*Try it*.
Identify all lines below that hold "finds" and collect them.

*Dataset entries*.
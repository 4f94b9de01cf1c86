//! The cache's part of schedules of the whole machine: one node of two, and mostly block 64, whose home is node 0.
use super::super::Cache;
use super::access::probe;
use super::{Act, Does, Had, Row, Says, all_come, old_of, small_cache};
use crate::step::AccessProbe;
use log_buffer::LogBuffer;
use sn_base::{Answer, BlockNo, Entries, Interval, Memory};
use sn_model::{LineState, Need};
use std::alloc::Global;
use std::process::Abort;
use std::test::Fail;

/// What is seen: the first word of block 64, where it has a line; the block's old content at a checkpoint; how many entries the log
/// has; that an eviction drops a copy, or finds none; what an access in interval 5 comes to; the least line of the block's set that
/// may go, where a put may not begin and where it may; and the least interval of what is open, and the block of the open miss.
#[derive(Clone, Copy)]
enum Sees {
    Word(Option<u32>),
    Old(Interval, Option<Had>),
    Entries(usize),
    Evictable,
    NotCached,
    Access(Need, AccessProbe),
    Least(Option<u16>, Option<u16>),
    Open(Option<Interval>, Option<u16>),
}

/// What is done, one after another; and what is seen then of each of these blocks.
#[derive(Clone, Copy)]
struct Part {
    rows: &'static [Row],
    sees: &'static [(u16, Sees)],
}

/// A node, the room of its log, and a schedule in parts.
#[derive(Clone, Copy)]
struct Schedule {
    name: &'static str,
    here: u8,
    room: u16,
    parts: &'static [Part],
}

// What begins most schedules: it asks to write, and gets the block with 0 or 1 in its first word; or it asks to read, and gets it
// alone.
const ASKS: Row = (0, 64, Act::Miss(Need::Write), Does::Sends(0, Says::GetM));

const OWNS_0: Row = (
    0,
    64,
    Act::Take(0, Says::DataM(0, 0)),
    Does::Sends(0, Says::Unblock(0)),
);

const OWNS_1: Row = (
    0,
    64,
    Act::Take(0, Says::DataM(1, 0)),
    Does::Sends(0, Says::Unblock(0)),
);

const READS: Row = (0, 64, Act::Miss(Need::Read), Does::Sends(0, Says::GetS));

const ALONE: Row = (
    0,
    64,
    Act::Take(0, Says::DataE(0)),
    Does::Sends(0, Says::Unblock(0)),
);

/// Node 1 writes it.
const LETS_WRITE_1: Row = (
    0,
    64,
    Act::Take(0, Says::FwdGetM(1, 0)),
    Does::GivesUp(1, Says::DataM(1, 0)),
);

/// Two nodes add 1 to a word, one after the other: the first one's part.
const FIRST_WRITER: Schedule = Schedule {
    name: "a written block moves to the next writer",
    here: 0,
    room: 4,
    parts: &[Part {
        rows: &[
            ASKS,
            OWNS_0,
            (0, 64, Act::Store(1), Does::Silent),
            LETS_WRITE_1,
        ],
        sees: &[
            (64, Sees::Entries(1)),
            (64, Sees::Old(0, Some(Had::Nothing))),
        ],
    }],
};

/// The same, the second one's part, after which it stores in its next interval.
const SECOND_WRITER: Schedule = Schedule {
    name: "a write in the next interval is noted again",
    here: 1,
    room: 4,
    parts: &[
        Part {
            rows: &[ASKS, OWNS_1],
            sees: &[(64, Sees::Word(Some(1)))],
        },
        Part {
            rows: &[
                (1, 64, Act::Store(2), Does::Silent),
                (1, 64, Act::Store(3), Does::Silent),
            ],
            sees: &[
                (64, Sees::Word(Some(3))),
                (64, Sees::Entries(2)),
                (64, Sees::Old(0, Some(Had::Nothing))),
                (64, Sees::Old(1, Some(Had::Owned(1)))),
            ],
        },
    ],
};

/// The home was two intervals ahead when it sent the data, which waited for the requester.
const LATER_TAG: Schedule = Schedule {
    name: "the interval of atomicity is the tag",
    here: 1,
    room: 4,
    parts: &[Part {
        rows: &[
            ASKS,
            (1, 64, Act::Take(2, Says::DataM(0, 0)), Does::Nothing),
            (
                2,
                64,
                Act::Take(2, Says::DataM(0, 0)),
                Does::Sends(0, Says::Unblock(2)),
            ),
        ],
        sees: &[
            (64, Sees::Old(2, Some(Had::Nothing))),
            (64, Sees::Old(3, None)),
        ],
    }],
};

/// The requester began its next interval before the data came.
const EARLIER_TAG: Schedule = Schedule {
    name: "an arrival is noted in the interval of its tag",
    here: 1,
    room: 4,
    parts: &[Part {
        rows: &[
            ASKS,
            (
                1,
                64,
                Act::Take(0, Says::DataM(0, 0)),
                Does::Sends(0, Says::Unblock(0)),
            ),
        ],
        sees: &[
            (64, Sees::Old(0, Some(Had::Nothing))),
            (64, Sees::Old(1, None)),
        ],
    }],
};

/// The core holds a reservation on a block that it had alone, until another node writes it.
const RESERVATION: Schedule = Schedule {
    name: "a forwarded write ends a reservation",
    here: 0,
    room: 4,
    parts: &[Part {
        rows: &[
            READS,
            ALONE,
            (
                0,
                64,
                Act::Take(0, Says::FwdGetM(1, 0)),
                Does::GivesUp(1, Says::DataM(0, 0)),
            ),
        ],
        sees: &[(64, Sees::Word(None))],
    }],
};

/// Another node's write reached the home before the request to give the block up.
const OVERTAKEN_PUT: Schedule = Schedule {
    name: "a put is overtaken",
    here: 0,
    room: 4,
    parts: &[Part {
        rows: &[
            ASKS,
            OWNS_0,
            (0, 64, Act::Store(1), Does::Silent),
            (0, 64, Act::Put, Does::Sends(0, Says::PutReq)),
            LETS_WRITE_1,
            (0, 64, Act::Take(0, Says::PutDone), Does::Silent),
        ],
        sees: &[(64, Sees::NotCached)],
    }],
};

/// Its copy is replaced by the content that comes with the ownership.
const READER_AND_WRITER: Schedule = Schedule {
    name: "a reader becomes a writer",
    here: 0,
    room: 4,
    parts: &[
        Part {
            rows: &[
                READS,
                (
                    0,
                    64,
                    Act::Take(0, Says::DataS(1)),
                    Does::Sends(0, Says::Unblock(0)),
                ),
            ],
            sees: &[(64, Sees::Word(Some(1)))],
        },
        Part {
            rows: &[ASKS, OWNS_1, (0, 64, Act::Store(5), Does::Silent)],
            sees: &[(64, Sees::Word(Some(5)))],
        },
    ],
};

/// A reader that found nobody else writes without a message, and then another node reads.
const ONLY_READER: Schedule = Schedule {
    name: "the only reader writes without a message",
    here: 0,
    room: 4,
    parts: &[
        Part {
            rows: &[
                READS,
                ALONE,
                (0, 64, Act::Store(6), Does::Silent),
                (
                    0,
                    64,
                    Act::Take(0, Says::FwdGetS(1)),
                    Does::Sends(1, Says::DataS(6)),
                ),
            ],
            sees: &[(64, Sees::Word(Some(6)))],
        },
        Part {
            rows: &[(0, 64, Act::Store(7), Does::Nothing)],
            sees: &[],
        },
    ],
};

/// A log that is full of this interval's entries takes a further write of the same block.
const FULL_LOG: Schedule = Schedule {
    name: "a full log has the entry already",
    here: 0,
    room: 1,
    parts: &[
        Part {
            rows: &[ASKS, OWNS_0],
            sees: &[(64, Sees::Entries(1))],
        },
        Part {
            rows: &[
                (0, 64, Act::Store(1), Does::Silent),
                (1, 64, Act::Store(2), Does::Nothing),
                LETS_WRITE_1,
            ],
            sees: &[],
        },
    ],
};

/// Both frames of the set are taken: by block 66, to be written, and block 65, to be read. Its home is node 1.
const FULL_SET: Part = Part {
    rows: &[
        (2, 66, Act::Miss(Need::Write), Does::Sends(0, Says::GetM)),
        (
            2,
            66,
            Act::Take(1, Says::DataM(7, 0)),
            Does::Sends(0, Says::Unblock(1)),
        ),
        (2, 65, Act::Miss(Need::Read), Does::Sends(1, Says::GetS)),
        (
            2,
            65,
            Act::Take(1, Says::DataS(8)),
            Does::Sends(1, Says::Unblock(1)),
        ),
    ],
    sees: &[
        (64, Sees::Access(Need::Read, AccessProbe::NeedsEvict)),
        (64, Sees::Access(Need::Write, AccessProbe::NeedsEvict)),
        (65, Sees::Access(Need::Read, AccessProbe::Ready)),
        (65, Sees::Access(Need::Write, AccessProbe::Miss)),
        (64, Sees::Least(Some(65), Some(65))),
        (64, Sees::Open(None, None)),
    ],
};

const LEAST_LINE: Schedule = Schedule {
    name: "a full set takes no further block, and its least line goes",
    here: 1,
    room: 4,
    parts: &[
        FULL_SET,
        Part {
            rows: &[(7, 65, Act::Miss(Need::Write), Does::Sends(1, Says::GetM))],
            sees: &[
                (64, Sees::Least(None, Some(66))),
                (64, Sees::Open(Some(7), Some(65))),
            ],
        },
        Part {
            rows: &[(6, 66, Act::Put, Does::Sends(0, Says::PutReq))],
            sees: &[
                (64, Sees::Least(None, None)),
                (64, Sees::Open(Some(6), Some(65))),
            ],
        },
    ],
};

const DROPPED_COPY: Schedule = Schedule {
    name: "a dropped copy is gone",
    here: 1,
    room: 4,
    parts: &[
        Part {
            rows: super::SHARED,
            sees: &[(64, Sees::Evictable)],
        },
        Part {
            rows: &[(2, 64, Act::Drop, Does::Silent)],
            sees: &[(64, Sees::NotCached)],
        },
    ],
};

const SCHEDULES: &[Schedule] = &[
    FIRST_WRITER,
    SECOND_WRITER,
    LATER_TAG,
    EARLIER_TAG,
    RESERVATION,
    OVERTAKEN_PUT,
    READER_AND_WRITER,
    ONLY_READER,
    FULL_LOG,
    LEAST_LINE,
    DROPPED_COPY,
];

/// The word at the start of block 64, where it has a line.
fn load(cache: &Cache) -> Option<u32> {
    let address = 0x8000_1000;
    let block = BlockNo::of(address)?;
    if cache.lines.state(block) == LineState::Absent {
        return None;
    }
    Some(cache.load(address))
}

fn number_of(block: Option<BlockNo>) -> Option<u16> {
    Some(block?.number())
}

fn had(log: &LogBuffer, block: BlockNo, k: Interval, wanted: Option<Had>) -> bool {
    match (log.old_at(false, block, k), wanted) {
        (Some(old), Some(had)) => *old == old_of(had),
        (None, None) => true,
        _ => false,
    }
}

fn is_seen(cache: &Cache, log: &LogBuffer, number: u16, sees: &Sees) -> bool {
    let block = BlockNo::new(number);
    match *sees {
        Sees::Word(word) => load(cache) == word,
        Sees::Old(k, wanted) => had(log, block, k, wanted),
        Sees::Entries(count) => log.count() == count,
        Sees::Evictable => cache.evict_answer(block) == Answer::Evicted,
        Sees::NotCached => cache.evict_answer(block) == Answer::NotCached,
        Sees::Access(need, wanted) => probe(cache, log, number, need) == Some(wanted),
        Sees::Least(shared, any) => {
            number_of(cache.least_line(block, false)) == shared
                && number_of(cache.least_line(block, true)) == any
        }
        Sees::Open(least, missed) => {
            cache.least_open() == least && number_of(cache.open_block()) == missed
        }
    }
}

fn all_seen(cache: &Cache, log: &LogBuffer, all: &[(u16, Sees)]) -> bool {
    'sees: for sees in all.iter() {
        if !is_seen(cache, log, sees.0, &sees.1) {
            return false;
        }
    }
    true
}

fn is_played(rt: &impl Abort, cache: &mut Cache, log: &mut LogBuffer, part: &Part) -> bool {
    all_come(rt, cache, log, part.rows) && all_seen(cache, log, part.sees)
}

/// The first part in which something is otherwise.
fn first_wrong(
    rt: &impl Abort,
    cache: &mut Cache,
    log: &mut LogBuffer,
    parts: &[Part],
) -> Option<usize> {
    'parts: for (place, part) in parts.iter().enumerate() {
        if !is_played(rt, cache, log, part) {
            return Some(place);
        }
    }
    None
}

fn plays(rt: &impl Abort, alloc: Global, schedule: &Schedule) -> Result<Option<usize>, Memory> {
    let mut cache = small_cache(rt, alloc, schedule.here)?;
    let mut log = LogBuffer::new(alloc, schedule.room)?;
    Ok(first_wrong(rt, &mut cache, &mut log, schedule.parts))
}

#[test]
fn each_schedule_comes_to_what_it_says(rt: HostRuntime) -> Result<(), Fail> {
    'schedules: for schedule in SCHEDULES.iter() {
        let wrong = plays(&rt, rt.alloc(), schedule)?;
        assert!(rt; wrong.is_none(), "{}: part {wrong:?}", schedule.name);
    }
    Ok(())
}
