//! What a core finds at its cache: block 64 in each of its states, in interval 5.
use super::super::Cache;
use super::{
    ABSENT, EXCLUSIVE, GONE, Held, MODIFIED, OWNED, PUTTING, READING, Row, SHARED, SHARED_WRITING,
    cache_after, holds,
};
use crate::step::AccessProbe;
use log_buffer::LogBuffer;
use sn_base::{Answer, BlockNo, Interval, Memory};
use sn_model::{LineState, Need};
use std::alloc::Global;
use std::process::Abort;
use std::test::Fail;

/// What an eviction comes to.
#[derive(Clone, Copy)]
enum Evict {
    MissOpen,
    NotCached,
    Evicted,
    PutOpen,
    PutBegun,
}

/// A state of the block: what looks show of it, which are its line and, where it is owned, its content, and the intervals in
/// which the open miss and put were issued; what a read and a write come to with so much room in the log, which nobody asks while
/// a miss is open; what an eviction comes to; and what is left of the block once a recovery has begun.
#[derive(Clone, Copy)]
struct State {
    name: &'static str,
    rows: &'static [Row],
    held: Held,
    miss: Option<Interval>,
    put: Option<Interval>,
    room: u16,
    read: Option<AccessProbe>,
    write: Option<AccessProbe>,
    evict: Evict,
    left: Held,
}

const WITH_MODIFIED: State = State {
    name: "modified",
    rows: MODIFIED,
    held: (LineState::Modified, Some(7)),
    miss: None,
    put: None,
    room: 4,
    read: Some(AccessProbe::Ready),
    write: Some(AccessProbe::Ready),
    evict: Evict::PutBegun,
    left: (LineState::Modified, Some(7)),
};

const WITH_EXCLUSIVE: State = State {
    name: "exclusive",
    rows: EXCLUSIVE,
    held: (LineState::Exclusive, Some(7)),
    ..WITH_MODIFIED
};

const STATES: &[State] = &[
    State {
        name: "absent",
        rows: ABSENT,
        held: GONE,
        miss: None,
        put: None,
        room: 4,
        read: Some(AccessProbe::Miss),
        write: Some(AccessProbe::Miss),
        evict: Evict::NotCached,
        left: GONE,
    },
    State {
        name: "shared",
        rows: SHARED,
        held: (LineState::Shared, None),
        miss: None,
        put: None,
        room: 4,
        read: Some(AccessProbe::Ready),
        write: Some(AccessProbe::Miss),
        evict: Evict::Evicted,
        left: GONE,
    },
    State {
        name: "owned",
        rows: OWNED,
        held: (LineState::Owned, Some(7)),
        write: Some(AccessProbe::Miss),
        ..WITH_MODIFIED
    },
    WITH_MODIFIED,
    WITH_EXCLUSIVE,
    State {
        name: "modified, and no room for the old content",
        room: 0,
        write: Some(AccessProbe::LogFull),
        ..WITH_MODIFIED
    },
    State {
        name: "exclusive, and no room for the old content",
        room: 0,
        write: Some(AccessProbe::LogFull),
        ..WITH_EXCLUSIVE
    },
    State {
        name: "in a put",
        rows: PUTTING,
        put: Some(2),
        read: Some(AccessProbe::Waits),
        write: Some(AccessProbe::Waits),
        evict: Evict::PutOpen,
        ..WITH_MODIFIED
    },
    State {
        name: "asked for, to be read",
        rows: READING,
        held: GONE,
        miss: Some(2),
        put: None,
        room: 4,
        read: None,
        write: None,
        evict: Evict::MissOpen,
        left: GONE,
    },
    State {
        name: "a copy that is asked for, to be written",
        rows: SHARED_WRITING,
        held: (LineState::Shared, None),
        miss: Some(2),
        put: None,
        room: 4,
        read: None,
        write: None,
        evict: Evict::MissOpen,
        left: GONE,
    },
];

fn shows(cache: &Cache, state: &State) -> bool {
    let is_absent = state.held.0 == LineState::Absent;
    let is_line = match cache.line(BlockNo::new(64)) {
        Some(line) => !is_absent && line.state == state.held.0,
        None => is_absent,
    };
    let miss = match cache.miss() {
        Some(miss) => Some(miss.issued),
        None => None,
    };
    let put = match cache.put() {
        Some(put) => Some(put.issued),
        None => None,
    };
    is_line && miss == state.miss && put == state.put
}

/// None while a miss is open.
pub(super) fn probe(cache: &Cache, log: &LogBuffer, block: u16, need: Need) -> Option<AccessProbe> {
    if cache.open_block().is_some() {
        return None;
    }
    Some(cache.probe(BlockNo::new(block), need, 5, log))
}

fn answer_of(evict: Evict) -> Answer {
    match evict {
        Evict::MissOpen => Answer::MissOpen,
        Evict::NotCached => Answer::NotCached,
        Evict::Evicted => Answer::Evicted,
        Evict::PutOpen => Answer::PutOpen,
        Evict::PutBegun => Answer::PutBegun,
    }
}

fn finds(cache: &Cache, log: &LogBuffer, state: &State) -> bool {
    probe(cache, log, 64, Need::Read) == state.read
        && probe(cache, log, 64, Need::Write) == state.write
        && cache.evict_answer(BlockNo::new(64)) == answer_of(state.evict)
        && holds(cache, 64, &state.held)
}

/// Whether this is left of the block once a recovery has begun, and nothing is open.
fn leaves(cache: &mut Cache, left: &Held) -> bool {
    cache.begin_restore();
    holds(cache, 64, left) && cache.least_open().is_none()
}

fn is_answered(cache: &mut Cache, log: &LogBuffer, state: &State) -> bool {
    shows(cache, state) && finds(cache, log, state) && leaves(cache, &state.left)
}

fn is_so(rt: &impl Abort, alloc: Global, state: &State) -> Result<bool, Memory> {
    let log = LogBuffer::new(alloc, state.room)?;
    match cache_after(rt, alloc, state.rows)? {
        Some(mut cache) => Ok(is_answered(&mut cache, &log, state)),
        None => Ok(false),
    }
}

#[test]
fn each_state_has_its_answers(rt: HostRuntime) -> Result<(), Fail> {
    'states: for state in STATES.iter() {
        let is_so = is_so(&rt, rt.alloc(), state)?;
        assert!(rt; is_so, "{}", state.name);
    }
    Ok(())
}
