//! What the places become where entries go: one pass over the entries, however many blocks there are.
ghost use Rattle.std.specs.Prelude.{◌≡◌, ◌<◌, ◌≤◌, ◌^◌, [], length, take};
ghost use Rattle.log_buffer.specs.Log.{entries_from};
ghost use Rattle.log_buffer.specs.Index.{entries_of, HasLast, IsIndexed};

use crate::places::{Newest, Stored};
use sn_base::{Interval, is_home_side};

/// Takes the entries' places out of the table.
pub fn forget(stored: &[Stored], newest: &mut Newest)
    requires { IsIndexed stored.now newest.old }
    ensures { HasLast [] newest.new }
{
    'entries: for x in stored {
        newest.put(is_home_side(&x.entry.old), x.entry.block, None);
    }
}

/// Moves the entries whose interval is at least k to the front, in their order, with the places that they have then. The
/// answer is how many they are.
pub fn close_up(stored: &mut [Stored], newest: &mut Newest, k: Interval) -> usize
    requires indexed { IsIndexed stored.old newest.old }
    requires few { length stored.old < 2 ^ 16 }
    ensures within { result ≤ length stored.new }
    ensures kept { entries_of (take result stored.new) ≡ entries_from k (entries_of stored.old) }
    ensures indexed { IsIndexed (take result stored.new) newest.new }
{
    let mut kept = 0;
    'places: for place in 0..stored.len() {
        let x = stored[place];
        let older = newest.before(&x);
        let home_side = is_home_side(&x.entry.old);
        if x.entry.interval >= k {
            stored[kept] = Stored {
                entry: x.entry,
                older,
            };
            newest.put(home_side, x.entry.block, Some(kept as u16));
            kept += 1;
        } else {
            newest.put(home_side, x.entry.block, older);
        }
    }
    kept
}
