/// What the words ask for; the first of them is the program's own name.
///
/// `Usage` where they are no command's words, or where a value breaks its rule. Each option may stand once, as
/// `--name value` or as `--name=value`, and words that begin with `--` may be files' names after `--` alone.
pub fn read_words(alloc: Global, words: &[String]) -> Result<Request, WordsFault>
    ensures ok { IfOk result (λ request. ask_of (map string_bytes words.now) ≡ Some (as_request request)) }
    ensures fits { IfOk result (λ request. request_fits (as_request request) ≡ true) }
    ensures usage { result ≡ Err WordsFault.Usage → ask_of (map string_bytes words.now) ≡ None }
{
    let entries = entries_of(alloc, words)?;
    match command_of(&entries) {
        Some((command, entries)) => request(alloc, command, entries),
        None => Err(WordsFault::Usage),
    }
}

*Output of the exercise*.
/// has; that an eviction drops a copy, or finds none; what an access in interval 5 comes to; the least line of the block's set that
//! What a core finds at its cache: block 64 in each of its states, in interval 5.
fn finds(cache: &Cache, log: &LogBuffer, state: &State) -> bool {
    shows(cache, state) && finds(cache, log, state) && leaves(cache, &state.left)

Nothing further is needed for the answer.